Find the line holding "d.tape) result)) buffers.new.index.listed" in the entries below. Give it again exactly, along with every line after it up to and including the line holding "slice_get self.old.tape.nodes self.old.position".

**********

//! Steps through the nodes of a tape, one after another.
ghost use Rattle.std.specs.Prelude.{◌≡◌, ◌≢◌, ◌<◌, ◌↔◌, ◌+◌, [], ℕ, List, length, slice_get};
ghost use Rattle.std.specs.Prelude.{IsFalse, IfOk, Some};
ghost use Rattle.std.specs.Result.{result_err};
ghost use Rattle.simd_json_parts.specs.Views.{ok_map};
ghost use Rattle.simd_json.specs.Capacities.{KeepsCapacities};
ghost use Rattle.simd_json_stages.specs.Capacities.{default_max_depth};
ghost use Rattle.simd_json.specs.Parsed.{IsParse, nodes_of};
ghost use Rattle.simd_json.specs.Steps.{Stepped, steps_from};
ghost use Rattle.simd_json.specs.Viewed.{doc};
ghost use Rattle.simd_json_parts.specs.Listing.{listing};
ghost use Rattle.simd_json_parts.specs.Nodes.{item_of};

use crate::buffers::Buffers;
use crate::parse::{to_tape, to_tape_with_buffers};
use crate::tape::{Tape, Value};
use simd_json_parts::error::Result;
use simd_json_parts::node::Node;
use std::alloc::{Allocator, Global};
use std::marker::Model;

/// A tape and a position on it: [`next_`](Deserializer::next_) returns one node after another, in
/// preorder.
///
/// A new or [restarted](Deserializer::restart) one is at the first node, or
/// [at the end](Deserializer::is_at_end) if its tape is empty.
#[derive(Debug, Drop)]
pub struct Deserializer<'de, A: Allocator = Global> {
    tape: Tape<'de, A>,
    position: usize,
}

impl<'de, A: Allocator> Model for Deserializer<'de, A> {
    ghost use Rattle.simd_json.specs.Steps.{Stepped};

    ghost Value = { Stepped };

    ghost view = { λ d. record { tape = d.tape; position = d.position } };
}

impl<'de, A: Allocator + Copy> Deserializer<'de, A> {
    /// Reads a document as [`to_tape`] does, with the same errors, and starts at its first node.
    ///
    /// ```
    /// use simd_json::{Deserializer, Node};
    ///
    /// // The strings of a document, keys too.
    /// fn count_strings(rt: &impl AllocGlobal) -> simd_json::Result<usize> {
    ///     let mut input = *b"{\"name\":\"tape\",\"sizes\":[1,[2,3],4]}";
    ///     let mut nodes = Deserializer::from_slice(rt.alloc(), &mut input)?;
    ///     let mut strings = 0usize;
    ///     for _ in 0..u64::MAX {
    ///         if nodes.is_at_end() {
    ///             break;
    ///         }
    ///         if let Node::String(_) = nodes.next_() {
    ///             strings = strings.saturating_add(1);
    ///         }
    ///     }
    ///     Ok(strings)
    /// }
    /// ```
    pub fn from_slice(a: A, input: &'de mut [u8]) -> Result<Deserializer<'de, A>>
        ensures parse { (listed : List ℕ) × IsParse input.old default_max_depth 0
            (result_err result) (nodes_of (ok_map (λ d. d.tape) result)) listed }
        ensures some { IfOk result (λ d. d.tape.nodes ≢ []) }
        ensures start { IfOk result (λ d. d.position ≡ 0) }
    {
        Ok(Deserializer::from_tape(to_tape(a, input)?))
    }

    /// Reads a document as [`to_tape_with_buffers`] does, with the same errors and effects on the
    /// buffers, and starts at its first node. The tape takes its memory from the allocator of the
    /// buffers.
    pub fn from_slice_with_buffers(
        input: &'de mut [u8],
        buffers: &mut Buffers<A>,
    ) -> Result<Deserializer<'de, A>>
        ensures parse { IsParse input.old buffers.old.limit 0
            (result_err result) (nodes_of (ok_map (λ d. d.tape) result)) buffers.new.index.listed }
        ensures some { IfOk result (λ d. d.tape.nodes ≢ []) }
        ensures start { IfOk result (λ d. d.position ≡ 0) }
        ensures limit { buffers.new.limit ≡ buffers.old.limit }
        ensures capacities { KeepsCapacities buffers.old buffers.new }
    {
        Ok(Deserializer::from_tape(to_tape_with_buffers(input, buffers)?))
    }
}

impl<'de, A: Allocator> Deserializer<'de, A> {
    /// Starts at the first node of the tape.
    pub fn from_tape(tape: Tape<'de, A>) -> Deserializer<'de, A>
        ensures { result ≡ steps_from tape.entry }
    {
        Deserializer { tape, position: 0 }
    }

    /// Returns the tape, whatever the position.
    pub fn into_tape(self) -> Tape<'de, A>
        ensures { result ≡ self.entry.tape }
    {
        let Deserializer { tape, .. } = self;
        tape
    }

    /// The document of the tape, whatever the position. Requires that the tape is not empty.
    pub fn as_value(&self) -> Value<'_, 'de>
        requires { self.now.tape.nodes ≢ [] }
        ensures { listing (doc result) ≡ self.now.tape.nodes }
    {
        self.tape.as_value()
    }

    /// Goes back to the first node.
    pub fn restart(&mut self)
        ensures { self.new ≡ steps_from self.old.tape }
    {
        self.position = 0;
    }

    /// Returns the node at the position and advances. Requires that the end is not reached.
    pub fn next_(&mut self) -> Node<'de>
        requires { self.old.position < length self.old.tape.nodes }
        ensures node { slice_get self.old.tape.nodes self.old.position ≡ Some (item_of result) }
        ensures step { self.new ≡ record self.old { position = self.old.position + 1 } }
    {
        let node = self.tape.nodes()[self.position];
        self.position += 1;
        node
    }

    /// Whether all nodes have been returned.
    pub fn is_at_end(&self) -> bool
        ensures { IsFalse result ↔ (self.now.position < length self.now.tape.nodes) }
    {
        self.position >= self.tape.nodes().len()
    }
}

**********

_WRITTEN REPLY_
            (result_err result) (nodes_of (ok_map (λ d. d.tape) result)) buffers.new.index.listed }
        ensures some { IfOk result (λ d. d.tape.nodes ≢ []) }
        ensures start { IfOk result (λ d. d.position ≡ 0) }
        ensures limit { buffers.new.limit ≡ buffers.old.limit }
        ensures capacities { KeepsCapacities buffers.old buffers.new }
    {
        Ok(Deserializer::from_tape(to_tape_with_buffers(input, buffers)?))
    }
}

impl<'de, A: Allocator> Deserializer<'de, A> {
    /// Starts at the first node of the tape.
    pub fn from_tape(tape: Tape<'de, A>) -> Deserializer<'de, A>
        ensures { result ≡ steps_from tape.entry }
    {
        Deserializer { tape, position: 0 }
    }

    /// Returns the tape, whatever the position.
    pub fn into_tape(self) -> Tape<'de, A>
        ensures { result ≡ self.entry.tape }
    {
        let Deserializer { tape, .. } = self;
        tape
    }

    /// The document of the tape, whatever the position. Requires that the tape is not empty.
    pub fn as_value(&self) -> Value<'_, 'de>
        requires { self.now.tape.nodes ≢ [] }
        ensures { listing (doc result) ≡ self.now.tape.nodes }
    {
        self.tape.as_value()
    }

    /// Goes back to the first node.
    pub fn restart(&mut self)
        ensures { self.new ≡ steps_from self.old.tape }
    {
        self.position = 0;
    }

    /// Returns the node at the position and advances. Requires that the end is not reached.
    pub fn next_(&mut self) -> Node<'de>
        requires { self.old.position < length self.old.tape.nodes }
        ensures node { slice_get self.old.tape.nodes self.old.position ≡ Some (item_of result) }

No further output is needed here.